## Exercise objective
Return the lines below that carry the word "making".

Saved entries:

--*--

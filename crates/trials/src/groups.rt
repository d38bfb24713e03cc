ghost use Rattle.std.specs.Prelude.{All, IfOk, IfSome};
ghost use Rattle.diff_map.specs.Copies.{AreImages};

use crate::call::Call;
use crate::page::Page;
use crate::plan::Plan;
use crate::stopped::{Done, Stopped};
use crate::{grouped, making};
use cow_volume::{CowGroup, ResumeFault};
use diff_area::Area;
use std::alloc::Global;
use volume_device::MemDevice;
use vss_catalog::Catalog;
use vss_names::{Numbers, Text};

/// The subject `cow`: the group of volumes that the lines are about.
#[derive(Drop)]
pub struct Groups {
    pub group: Option<CowGroup<MemDevice>>,
}

/// The names in a catalog of the first volumes.
const LETTERS: &[u8; 24] = b"CDEFGHIJKLMNOPQRSTUVWXYZ";

/// So many names.
fn names(alloc: Global, count: u32) -> Result<Vec<Text>, Stopped> {
    let mut names = Vec::new(alloc);
    for v in 0..count as usize {
        let letter = LETTERS.get(v).ok_or(Stopped)?;
        names.push(Text::copy(alloc, &[*letter])?)?;
    }
    Ok(names)
}

/// The bytes of the catalog of a group.
fn catalog_of(alloc: Global, group: &CowGroup<MemDevice>) -> Result<Text, Stopped> {
    let names = names(alloc, group.volumes())?;
    if !Catalog::are_names_for(&names, group) {
        return Err(Stopped);
    }
    Ok(Catalog::of_group(alloc, &names, group)?.encode(alloc)?)
}

/// The lists of the catalog that bytes say; shows why they say none.
fn lists_in(page: &mut Page, bytes: &[u8]) -> Result<Option<Vec<Numbers>>, Stopped>
    ensures { IfOk result (λ some. IfSome some (λ lists. All AreImages lists.items)) }
{
    match Catalog::decode(page.alloc(), bytes) {
        Ok(catalog) => Ok(Some(catalog.lists(page.alloc())?)),
        Err(fault) => {
            page.tell(&Err::<(), _>(fault));
            Ok(None)
        }
    }
}

/// The lists of the catalog of a group, whose bytes are shown, two digits each, or of other bytes that are given so.
fn lists_of(
    page: &mut Page,
    group: &CowGroup<MemDevice>,
    digits: &str,
) -> Result<Option<Vec<Numbers>>, Stopped>
    ensures { IfOk result (λ some. IfSome some (λ lists. All AreImages lists.items)) }
{
    let catalog = catalog_of(page.alloc(), group)?;
    let given = hex::decode(page.alloc(), digits).map_err(|_| Stopped)?;
    page.say(hex::encode(page.alloc(), catalog.bytes())?.as_bytes());
    if given.is_empty() {
        lists_in(page, catalog.bytes())
    } else {
        lists_in(page, &given)
    }
}

/// A group over these devices and this area is taken up with these lists.
fn resumed(
    alloc: Global,
    devices: Vec<MemDevice>,
    area: Area<MemDevice>,
    lists: &[Numbers],
) -> Result<Result<CowGroup<MemDevice>, ResumeFault>, Stopped>
    requires { All AreImages lists.now }
{
    if lists.len() != area.volumes() as usize || !making::fit(&devices, &area) {
        return Err(Stopped);
    }
    Ok(CowGroup::resume(alloc, devices, area, lists))
}

/// The area of a group is loaded from its device, and the group taken up with these lists; shows what the last of both answered.
fn reopened(
    page: &mut Page,
    group: CowGroup<MemDevice>,
    lists: &[Numbers],
) -> Result<Option<CowGroup<MemDevice>>, Stopped>
    requires { All AreImages lists.now }
{
    let (devices, area) = group.into_parts();
    let area = match Area::load(page.alloc(), area.into_device()) {
        Ok(area) => area,
        Err(unopened) => {
            page.tell(&Err::<(), _>(unopened.fault));
            return Ok(None);
        }
    };
    let resumed = resumed(page.alloc(), devices, area, lists)?;
    page.tell(&resumed.as_ref().map(|_| ()));
    Ok(resumed.ok())
}

impl Groups {
    /// Makes the group that a line asks for.
    fn begin(&mut self, alloc: Global, plan: &mut Plan, call: Call<'_>) -> Done {
        let blocks = call.numbers.get(1..).ok_or(Stopped)?;
        let group = making::group(alloc, plan, call.number(0), blocks)?;
        let _ = self.group.insert(group);
        plan.clear();
        Ok(())
    }

    /// Takes the group apart, and takes it up again with the lists of its catalog, or of other bytes that are given in digits.
    fn again(&mut self, page: &mut Page, digits: &str) -> Done {
        let group = self.group.take().ok_or(Stopped)?;
        if let Some(lists) = lists_of(page, &group, digits)? {
            self.group = reopened(page, group, &lists)?;
        }
        Ok(())
    }

    /// Takes a line.
    pub fn take(&mut self, page: &mut Page, plan: &mut Plan, call: Call<'_>) -> Done {
        match call.word {
            "group" => self.begin(page.alloc(), plan, call),
            "again" => self.again(page, call.rest),
            _ => match &mut self.group {
                Some(group) => grouped::make(page, group, call),
                None => Err(Stopped),
            },
        }
    }
}
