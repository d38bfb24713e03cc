//! What blocks are filled with.

use crate::stopped::Stopped;
use block_data::{BlockBuf, Payload};
use std::alloc::Global;

/// A buffer of bytes with which few lines fill a block, so that one that was not read shows.
pub fn buffer(alloc: Global) -> Result<BlockBuf, Stopped> {
    let mut out = BlockBuf::zeroed(alloc)?;
    Payload::Fill(255).fill_into(out.bytes_mut());
    Ok(out)
}

/// The byte in each place of a block; None where they differ.
pub fn filled_with(block: &[u8]) -> Option<u8> {
    let first = *block.first()?;
    if block.iter().all(|byte| *byte == first) {
        return Some(first);
    }
    None
}

/// What the bytes of a block are.
#[derive(Clone, Copy, Debug)]
pub enum Content {
    /// This byte in every place.
    Fill(u8),
    /// This number as eight bytes, the lowest first, again and again.
    Stamp(u64),
    Other,
}

impl Content {
    /// Those of a block.
    pub fn of(block: &[u8]) -> Content {
        if let Some(byte) = filled_with(block) {
            return Content::Fill(byte);
        }
        match block.first_chunk::<8>() {
            Some(first) if block.chunks_exact(8).all(|chunk| chunk == first.as_slice()) => {
                Content::Stamp(u64::from_le_bytes(*first))
            }
            _ => Content::Other,
        }
    }
}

--*--

## Exercise response
use crate::{grouped, making};
    if lists.len() != area.volumes() as usize || !making::fit(&devices, &area) {
        let group = making::group(alloc, plan, call.number(0), blocks)?;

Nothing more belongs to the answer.